Denn die Gefahr lauert auf Bundes-, Staats- und Kreisstraßen, die die Amphibien auf dem Weg zu ihren angestammten Laichgewässern überqueren müssen. Damit die Tiere nicht von den Autoreifen einfach platt gemacht werden, sind an mehreren gefährdeten Standorten kniehohe Schutzzäune aufgestellt worden - so wie an der B 97 zwischen Hoyerswerda und Bernsdorf. Auf einer Länge von 800 Metern in Nachbarschaft zur Alten Tongrube bei Bröthen. Jeden Morgen sammelt Hagen Rothmann hinter dem Amphibienschutzzaun die liebestollen Frösche und Kröten ein, trägt sie über die Verkehrsader, setzt sie an der Alten Tongrube wieder aus und registriert die Anzahl der Tiere akribisch in seinem Notizbuch.

Andere Ehrenamtler aus der Wittichenauer Nabu-Ortsgruppe tun das Gleiche an den Ortsverbindungsstraßen zwischen Brischko und Maukendorf sowie zwischen Groß Särchen und Rachlau, wo ebenfalls Amphibienschutzzäune stehen. An diesen beiden Standorten helfen auch Mitarbeiter der Naturschutzstation Neschwitz bei der Rettung mit.

Hagen Rothmann sammelt an diesem Morgen zwar nur lehmbraune Erdkrötenpärchen in seinen Plastikeimer. „Doch in Kürze werden hier auch Grasfrösche, Moorfrösche, Rotbauchunken, Teichfrösche und mehrere Molcharten ankommen“, erzählt der 55-jährige Nabu-Ortsgruppenchef, der im Beruf bei der Naturschutzbehörde des Landkreises tätig ist. In den vergangenen Jahren hat Rothmann an dieser Stelle durchschnittlich 3000 paarungsbereiten Tieren über die Straße geholfen, in der Mehrzahl Erdkröten. Auch die Rückwanderung vom Laichgewässer in den Wald bei Neukollm einige Wochen später begleiten die Naturschützer wieder.

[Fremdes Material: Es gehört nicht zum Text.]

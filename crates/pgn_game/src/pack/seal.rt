//! Bytes with eight more that make the number of all a multiple of the modulus.
ghost use Rattle.std.specs.Prelude.{◌≡◌, ◌≤◌, ◌++◌, OnOk, IfOk, ◌+◌, ℕ, List, length, drop};
ghost use Rattle.pgn_game.specs.Private.SegmentSteps.{Gives};
ghost use Rattle.pgn_game.specs.Public.Segments.{check_of, largest_body, sealed};
ghost use Rattle.pgn_game.specs.Public.Segments.{unsealed_at};

use crate::pack::error::SegmentError;
use crate::pack::residue::{MODULUS, residue};
use std::alloc::AllocError;

/// What makes the number of all a multiple of the modulus, where it follows the bytes as
/// eight more.
pub fn check_of(bytes: &[u8]) -> u64
    ensures { result ≡ check_of bytes.now }
{
    MODULUS - residue(bytes) * 8 % MODULUS
}

/// Appends the bytes and their seal.
pub fn push_sealed(bytes: &[u8], out: &mut Vec<u8>) -> Result<(), AllocError>
    ensures { OnOk result (out.new.items ≡ out.old.items ++ sealed bytes.now) }
{
    out.extend_from_slice(bytes)?;
    out.extend_from_slice(&check_of(bytes).to_be_bytes())?;
    Ok(())
}

/// So many bytes in front that are sealed, and what stands after their seal; the fault, where the
/// seal is broken.
#[tactic(auto, unfolding(crate::specs::Public::Segments::unsealed_at))]
pub fn unsealed_at(
    fault: SegmentError,
    size: usize,
    bytes: &[u8],
) -> Result<(&[u8], &[u8]), SegmentError>
    requires { size ≤ largest_body }
    ensures exact { Gives (λ x. (x.0.now, x.1.now)) result (unsealed_at fault size bytes.now) }
    ensures long { IfOk result (λ x. length x.0.now ≡ size) }
    ensures rest { IfOk result (λ x. x.1.now ≡ drop (size + 8) bytes.now) }
{
    if bytes.len() < size + 8 {
        return Err(SegmentError::CutShort);
    }
    let (sealed, rest) = bytes.split_at(size);
    let (check, rest) = rest.split_at(8);
    let check = u64::from_be_bytes([
        check[0], check[1], check[2], check[3], check[4], check[5], check[6], check[7],
    ]);
    if check == check_of(sealed) {
        Ok((sealed, rest))
    } else {
        Err(fault)
    }
}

Die Vermehrung von Fröschen, Molchen und Kröten abzusichern, hat für das ökologische Gleichgewicht eine wichtige Funktion. „Die Amphibien sind äußerst wichtig für die Nahrungskette“, sagt Hagen Rothmann. Eidechsen, Reptilien, Vögel haben Laich und Froschnachwuchs auf dem Speisezettel. An den Schutzzäunen erfüllen die Helfer vom Naturschutzbund darüber hinaus noch eine andere wichtige Aufgabe: die Statistik. „In den meisten Fällen waren unsere Zählungen ausschlaggebend, dass bei Straßenbaumaßnahmen auch Krötentunnel konzipiert und gebaut wurden“, erklärt der Neukollmer. An zirka 20 Standorten im Landkreis Bautzen wurden in den zurückliegenden Jahren solche Amphibientunnel errichtet. So zum Beispiel zwischen Groß Särchen und Maukendorf und an der neuen Staatsstraße zwischen Oßling und Wittichenau.